Data for analysis:
== Segment start ==
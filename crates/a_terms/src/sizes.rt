// How many names and registers a program needs at most.
ghost use Rattle.std.specs.Prelude.{◌≡◌, ◌+◌, IfOk, OnOk};
ghost use Rattle.a_terms.specs.Sizes.{bulk as the_bulk, bulk_types as the_bulk_types, bulk_fields as the_bulk_fields};
ghost use Rattle.a_terms.specs.Sizes.{bulk_sum as the_bulk_sum, value_weight as the_value_weight};
ghost use Rattle.a_terms.specs.Sizes.{values_weight as the_values_weight, Fits-in};
ghost use Rattle.a_terms.specs.Weights.{form_size as the_form_size, node_size as the_node_size};
ghost use Rattle.a_terms.specs.Weights.{nodes_size as the_nodes_size, wrap_weight as the_wrap_weight};
ghost use Rattle.a_terms.specs.Weights.{wraps_weight as the_wraps_weight, label_size, body_size};
ghost use Rattle.a_terms.specs.Weights.{blocks_size as the_blocks_size, fields_size as the_fields_size};
ghost use Rattle.a_terms.specs.Weights.{data_size as the_data_size};
ghost use Rattle.a_terms.specs.Read.{atree, atrees, afields};
ghost use Rattle.a_terms.specs.NodeTrees.{a_value, a_values, a_prog, a_tree};

use crate::nodes::{ABlock, AData, AForm, ANode, AValue, AWrap};
use crate::types::AType;
use crate::walks::sum;
use idx_core::OutOfMemory;

#[cycle(bulk)]
fn bulk(t: &AType) -> Result<u64, OutOfMemory>
    ensures { IfOk result (λ r. r ≡ the_bulk (atree t.now)) }
{
    match t {
        AType::Int => Ok(0),
        AType::Var(_) => Ok(0),
        AType::Tuple(fields) => {
            let n = bulk_fields(fields)?;
            Ok(n)
        }
        AType::Code { owes, args } => {
            let args = args.as_slice();
            let most = bulk_types(args)?;
            let n = sum(args.len() as u64, most)?;
            let all = sum(*owes, n)?;
            Ok(all)
        }
        AType::Exists(body) => {
            let n = bulk(body)?;
            let more = sum(n, 1)?;
            Ok(more)
        }
    }
}

#[cycle(bulk)]
fn bulk_types(ts: &[AType]) -> Result<u64, OutOfMemory>
    ensures { IfOk result (λ r. r ≡ the_bulk_types (atrees ts.now)) }
{
    let mut most: u64 = 0;
    for t in ts {
        most = most.max(bulk(t)?);
    }
    Ok(most)
}

#[cycle(bulk)]
fn bulk_fields(fields: &[(AType, bool)]) -> Result<u64, OutOfMemory>
    ensures { IfOk result (λ r. r ≡ the_bulk_fields (afields fields.now)) }
{
    let mut most: u64 = 0;
    for field in fields {
        most = most.max(bulk(&field.0)?);
    }
    Ok(most)
}

fn bulk_sum(ts: &[AType]) -> Result<u64, OutOfMemory>
    ensures { IfOk result (λ r. r ≡ the_bulk_sum (atrees ts.now)) }
{
    let mut total: u64 = 0;
    for t in ts {
        let n = bulk(t)?;
        total = sum(total, n)?;
    }
    Ok(total)
}

fn wrap_weight(w: &AWrap) -> Result<u64, OutOfMemory>
    ensures { IfOk result (λ r. r ≡ the_wrap_weight w.now) }
{
    match w {
        AWrap::Apply(types) => {
            let n = bulk_sum(types)?;
            Ok(n)
        }
        AWrap::Pack { hidden, shape } => {
            let inner = bulk(hidden)?;
            let outer = bulk(shape)?;
            let n = sum(inner, outer)?;
            Ok(n)
        }
    }
}

fn wraps_weight(ws: &[AWrap]) -> Result<u64, OutOfMemory>
    ensures { IfOk result (λ r. r ≡ the_wraps_weight ws.now) }
{
    let mut total: u64 = 0;
    for w in ws {
        let n = wrap_weight(w)?;
        total = sum(total, n)?;
    }
    Ok(total)
}

fn value_weight(v: &AValue) -> Result<u64, OutOfMemory>
    ensures { IfOk result (λ r. r ≡ the_value_weight (a_value v.now)) }
{
    let n = wraps_weight(&v.wraps)?;
    Ok(n)
}

fn values_weight(vs: &[AValue]) -> Result<u64, OutOfMemory>
    ensures { IfOk result (λ r. r ≡ the_values_weight (a_values vs.now)) }
{
    let mut total: u64 = 0;
    for v in vs {
        let n = value_weight(v)?;
        total = sum(total, n)?;
    }
    Ok(total)
}

fn form_size(form: &AForm) -> Result<u64, OutOfMemory>
    ensures { IfOk result (λ r. r ≡ the_form_size form.now) }
{
    match form {
        AForm::Proj(i) => {
            let n = sum(*i, 7)?;
            Ok(n)
        }
        AForm::Init(i) => {
            let n = sum(*i, 7)?;
            Ok(n)
        }
        AForm::Malloc(types) => {
            let most = bulk_types(types)?;
            let n = sum(most, 7)?;
            Ok(n)
        }
        AForm::Call(types) => {
            let most = bulk_types(types)?;
            let n = sum(most, 7)?;
            Ok(n)
        }
        AForm::Value => Ok(7),
        AForm::Arith(_) => Ok(7),
        AForm::Unpack => Ok(7),
        AForm::If0 => Ok(7),
        AForm::Halt => Ok(7),
    }
}

fn node_size(node: &ANode) -> Result<u64, OutOfMemory>
    ensures { IfOk result (λ r. r ≡ the_node_size node.now) }
{
    let values = node.values.as_slice();
    let count = values.len() as u64;
    let form = form_size(&node.form)?;
    let types = values_weight(values)?;
    let twice = sum(count, count)?;
    let more = sum(twice, types)?;
    let all = sum(form, more)?;
    Ok(all)
}

fn nodes_size(nodes: &[ANode]) -> Result<u64, OutOfMemory>
    ensures { IfOk result (λ r. r ≡ the_nodes_size nodes.now) }
{
    let mut total: u64 = 0;
    for node in nodes {
        let n = node_size(node)?;
        total = sum(total, n)?;
    }
    Ok(total)
}

fn block_size(block: &ABlock) -> Result<u64, OutOfMemory>
    ensures { IfOk result (λ r. r ≡ label_size block.now + body_size block.now) }
{
    let args = block.args.as_slice();
    let most = bulk_types(args)?;
    let types = sum(args.len() as u64, most)?;
    let label = sum(block.owes, types)?;
    let nodes = nodes_size(&block.body)?;
    let term = sum(nodes, 2)?;
    let body = sum(block.owes, term)?;
    let all = sum(label, body)?;
    Ok(all)
}

fn blocks_size(blocks: &[ABlock]) -> Result<u64, OutOfMemory>
    ensures { IfOk result (λ r. r ≡ the_blocks_size blocks.now) }
{
    let mut total: u64 = 0;
    for block in blocks {
        let n = block_size(block)?;
        total = sum(total, n)?;
    }
    Ok(total)
}

fn field_size(field: &(AValue, AType)) -> Result<u64, OutOfMemory>
    ensures { IfOk result (λ r. r ≡ the_bulk (atree field.now.1) + the_value_weight (a_value field.now.0)) }
{
    let kind = bulk(&field.1)?;
    let value = value_weight(&field.0)?;
    let n = sum(kind, value)?;
    Ok(n)
}

fn fields_size(fields: &[(AValue, AType)]) -> Result<u64, OutOfMemory>
    ensures { IfOk result (λ r. r ≡ the_fields_size fields.now) }
{
    let mut total: u64 = 0;
    for field in fields {
        let n = field_size(field)?;
        total = sum(total, n)?;
    }
    Ok(total)
}

fn data_size(tuples: &[AData]) -> Result<u64, OutOfMemory>
    ensures { IfOk result (λ r. r ≡ the_data_size tuples.now) }
{
    let mut total: u64 = 0;
    for tuple in tuples {
        let n = fields_size(&tuple.fields)?;
        total = sum(total, n)?;
    }
    Ok(total)
}

/// That a program of these parts needs no more names and registers than the assembly language has. One that needs
/// more is larger than any memory, so the answer is then want of memory.
pub fn keeps_bound(blocks: &[ABlock], main: &[ANode], tuples: &[AData]) -> Result<(), OutOfMemory>
    ensures { OnOk result (Fits-in 4611686018427387904 (a_prog blocks.now tuples.now) (a_tree main.now)) }
{
    let all = blocks_size(blocks)?;
    let kept = data_size(tuples)?;
    let nodes = nodes_size(main)?;
    let term = sum(nodes, 2)?;
    let program = sum(all, kept)?;
    let total = sum(program, term)?;
    if total <= 4_611_686_018_427_387_904 {
        Ok(())
    } else {
        Err(OutOfMemory)
    }
}
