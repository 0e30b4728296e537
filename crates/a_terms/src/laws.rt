// Laws of the allocated calculus.
ghost use Rattle.a_terms.specs.Laws.{NeverWrongLaw, PutsExchange};

/// A typed program never goes wrong, whatever the number of calls.
pub fn typed_programs_are_never_wrong()
    ensures { NeverWrongLaw }
{}

/// Two puts exchange, the one put into the other.
pub fn puts_exchange()
    ensures { PutsExchange }
{}
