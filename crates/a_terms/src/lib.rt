//! The allocated calculus: blocks of code, tuples whose fields are initialised one by one, and data tuples; its terms
//! as flat lists of nodes.
#![tactic(auto)]

mod access;
mod below;
pub mod laws;
mod nodes;
pub mod parts;
mod program;
pub mod sizes;
mod types;
pub mod walks;

pub use nodes::{ABase, ABlock, AData, AForm, ANode, AValue, AWrap};
pub use program::AProgram;
pub use types::AType;
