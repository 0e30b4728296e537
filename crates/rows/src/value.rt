// Values of a row file, read as what a key wants of them.
use toml::Value;

/// A number.
pub fn number(value: &Value) -> Option<u64> {
    u64::try_from(value.as_integer()?).ok()
}

/// A number below 256.
pub fn byte(value: &Value) -> Option<u8> {
    u8::try_from(value.as_integer()?).ok()
}

/// A list.
pub fn list(value: &Value) -> Option<&[Value]> {
    match value {
        Value::Array(items) => Some(items.as_slice()),
        _ => None,
    }
}

// A list of so many items.
fn list_of(value: &Value, count: usize) -> Option<&[Value]> {
    let items = list(value)?;
    if items.len() == count {
        Some(items)
    } else {
        None
    }
}

fn string_at(items: &[Value], at: usize) -> Option<&str> {
    items.get(at)?.as_str()
}

fn number_at(items: &[Value], at: usize) -> Option<u64> {
    number(items.get(at)?)
}

/// Two numbers.
pub fn numbers(value: &Value) -> Option<(u64, u64)> {
    let items = list_of(value, 2)?;
    Some((number_at(items, 0)?, number_at(items, 1)?))
}

/// Two names.
pub fn names(value: &Value) -> Option<(&str, &str)> {
    let items = list_of(value, 2)?;
    Some((string_at(items, 0)?, string_at(items, 1)?))
}

/// A string, and how often it stands there.
pub fn repeated(value: &Value) -> Option<(&str, u64)> {
    let items = list_of(value, 2)?;
    Some((string_at(items, 0)?, number_at(items, 1)?))
}

/// A file, a word, and how often it stands there.
pub fn count(value: &Value) -> Option<(&str, &str, u64)> {
    let items = list_of(value, 3)?;
    Some((
        string_at(items, 0)?,
        string_at(items, 1)?,
        number_at(items, 2)?,
    ))
}

/// A string and two numbers.
pub fn numbered(value: &Value) -> Option<(&str, u64, u64)> {
    let items = list_of(value, 3)?;
    Some((
        string_at(items, 0)?,
        number_at(items, 1)?,
        number_at(items, 2)?,
    ))
}
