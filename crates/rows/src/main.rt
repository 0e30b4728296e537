//! Compares what `talc` answers with the rows of the files of TOML that are named on the command line, and does the
//! commands of the file that is named last. Of a file of rows it prints a line with the number of its rows, behind
//! lines for each row that does not hold, and of a command what it prints. It ends with a failure where a row does not
//! hold. CONTRIBUTING.md says what a row file has.
#![tactic(auto)]

mod checking;
mod commands;
mod content;
mod files;
mod keys;
mod row;
mod row_file;
mod scant;
mod text;
mod unlike;
mod value;

use anyhow::{Result, ensure};
use commands::show_commands;
use row_file::check_file;
use std::alloc::Global;
use std::env;

// All words of the command line.
fn words(rt: &HostRuntime, alloc: Global) -> Result<Vec<String>> {
    let mut words = Vec::new(alloc);
    for word in env::args(rt)? {
        words.push(word)?;
    }
    Ok(words)
}

// How many rows of these files do not hold.
fn check_files(rt: &HostRuntime, alloc: Global, names: &[String]) -> Result<u64> {
    let mut unlike: u64 = 0;
    for name in names {
        unlike = unlike.saturating_add(check_file(rt, alloc, name)?);
    }
    Ok(unlike)
}

fn main(rt: HostRuntime) -> Result<()> {
    let alloc = rt.alloc();
    let words = words(&rt, alloc)?;
    let [_, rows @ .., commands] = words.as_slice() else {
        return Ok(());
    };
    let unlike = check_files(&rt, alloc, rows)?;
    let shown = show_commands(rt, alloc, commands);
    ensure!(shown.is_some(), "{commands}: a command could not be shown");
    ensure!(unlike == 0, "{unlike} rows do not hold");
    Ok(())
}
== Segment end ==
Using the entries above, return each line in which the word "filename" occurs.

filename crates/a_terms/src/sizes.rt
filename crates/a_terms/src/laws.rt
filename crates/a_terms/src/lib.rt
filename crates/rows/src/value.rt
filename crates/rows/src/main.rt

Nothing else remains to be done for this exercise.